La loi de 1969, en imposant un titre de circulation à des personnes sans domicile ni résidence fixe de plus de six mois, a poursuivi des fins civiles, sociales, administratives ou judiciaires. Prévoir un carnet de circulation particulier pour des personnes ne justifiant pas de ressources régulières est sans rapport avec ces finalités et donc contraire à la Constitution. De même imposer un visa tous les trois mois de ce carnet et punir d'une peine d'un an d'emprisonnement les personnes circulant sans carnet porte à l'exercice de la liberté d'aller et de venir une atteinte disproportionnée au regard du but poursuivi.

L'annulation de ces dispositions prend effet immédiatement, dès la publication de la décision du Conseil constitutionnel.

II - Les dispositions de la loi du 3 janvier 1969 imposant aux personnes sans domicile ni résidence fixe trois ans de rattachement ininterrompu dans la même commune pour être inscrites sur les listes électorales sont contraires à la Constitution.

Le Conseil constitutionnel a une jurisprudence particulièrement vigilante, ancienne et constante, sur les mesures qui restreignent l'exercice de leurs droits civiques par les citoyens.

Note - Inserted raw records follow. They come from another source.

//! A set of numbers of bindings, listed under two keys.

ghost use Rattle.std.specs.Prelude.{◌≡◌, OnOk, true};
ghost use Rattle.bindings.specs.Kept.{IsNext, IsPrevious, Stays, StaysBeside, is_listed};

use std::alloc::{AllocError, Global};
use std::collections::BTreeSet;

/// The numbers of bindings that are listed under two other numbers, such as those of an object and a slot. Each operation takes time
/// logarithmic in the number of entries.
#[derive(Debug, Drop)]
pub(crate) struct Listing {
    keys: BTreeSet<(u64, u64, u64)>,
}

impl Listing {
    /// Creates an empty listing. Takes no memory.
    pub(crate) fn new(alloc: Global) -> Self {
        Listing {
            keys: BTreeSet::new(alloc),
        }
    }

    /// Lists a number under two others.
    pub(crate) fn add(&mut self, first: u64, second: u64, number: u64) -> Result<(), AllocError>
        ensures stays { Stays self.old self.new }
        ensures listed { OnOk result (is_listed self.new first second number ≡ true) }
    {
        self.keys.insert((first, second, number))?;
        Ok(())
    }

    /// Removes a number that may be listed under two others.
    pub(crate) fn remove(&mut self, first: u64, second: u64, number: u64)
        ensures { StaysBeside number self.old self.new }
    {
        self.keys.remove(&(first, second, number));
    }

    /// Returns the last number below `end` that is listed under two others.
    pub(crate) fn before(&self, first: u64, second: u64, end: u64) -> Option<u64>
        ensures { IsPrevious self.now first second end result }
    {
        let last = end.checked_sub(1)?;
        let range = (first, second, 0)..=(first, second, last);
        let (_, _, number) = self.keys.range(range).next_back()?;
        Some(*number)
    }
    /// Returns the first number, from `from` on, that is listed under two others.
    pub(crate) fn from(&self, first: u64, second: u64, from: u64) -> Option<u64>
        ensures { IsNext self.now first second from result }
    {
        let range = (first, second, from)..=(first, second, u64::MAX);
        let (_, _, number) = self.keys.range(range).next()?;
        Some(*number)
    }
}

Il en a fait application en l'espèce pour juger qu'en imposant pour l'inscription sur les listes électorales un délai de trois ans de rattachement ininterrompu, les dispositions de la loi de 1969 étaient contraires à la Constitution. L'annulation de ces dispositions prend effet immédiatement, dès la publication de la décision du Conseil constitutionnel.

III - Les autres dispositions de la loi de 1969 contestées sont conformes à la Constitution.

Le Conseil constitutionnel a jugé que l'existence et les règles de visa de titres de circulation applicables aux personnes circulant en France sans domicile ni résidence fixe ne sont pas, en elles-mêmes, contraires au principe d'égalité et à la liberté d'aller et de venir. Il s'agit pour l'État de pallier la difficulté de localiser les personnes qui se trouvent sur son territoire et qui ne peuvent être trouvées au moyen du domicile ou de la résidence, à l'instar de la population sédentaire. Le Conseil a ainsi jugé qu'en imposant aux personnes précitées d'être munies d'un titre de circulation, le législateur a entendu permettre, à des fins civiles, sociales, administratives ou judiciaires, l'identification et la recherche de ceux qui ne peuvent être trouvés grâce à un domicile ou à une résidence fixe d'une certaine durée, tout en assurant, aux mêmes fins, un moyen de communiquer avec ceux-ci.

En outre, le Conseil a jugé que la distinction opérée par la loi entre les personnes qui ont un domicile ou une résidence fixe de plus de six mois et celles qui en sont dépourvues repose sur une différence de situation et n'est donc pas contraire à la Constitution.

Enfin, le Conseil a jugé que l'obligation de rattachement à une commune ne restreint ni la liberté de déplacement des intéressés, ni leur liberté de choisir un mode de logement fixe ou mobile, ni celle de décider du lieu de leur installation temporaire. De plus, il a estimé qu'elle ne restreint pas leur faculté de déterminer un domicile ou un lieu de résidence fixe pendant plus de six mois et qu'elle n'emporte pas davantage obligation de résider dans la commune dont le rattachement est prononcé par l'autorité administrative. L'obligation d'avoir une commune de rattachement est une obligation purement administrative qui ne porte pas atteinte aux libertés invoquées par le requérant.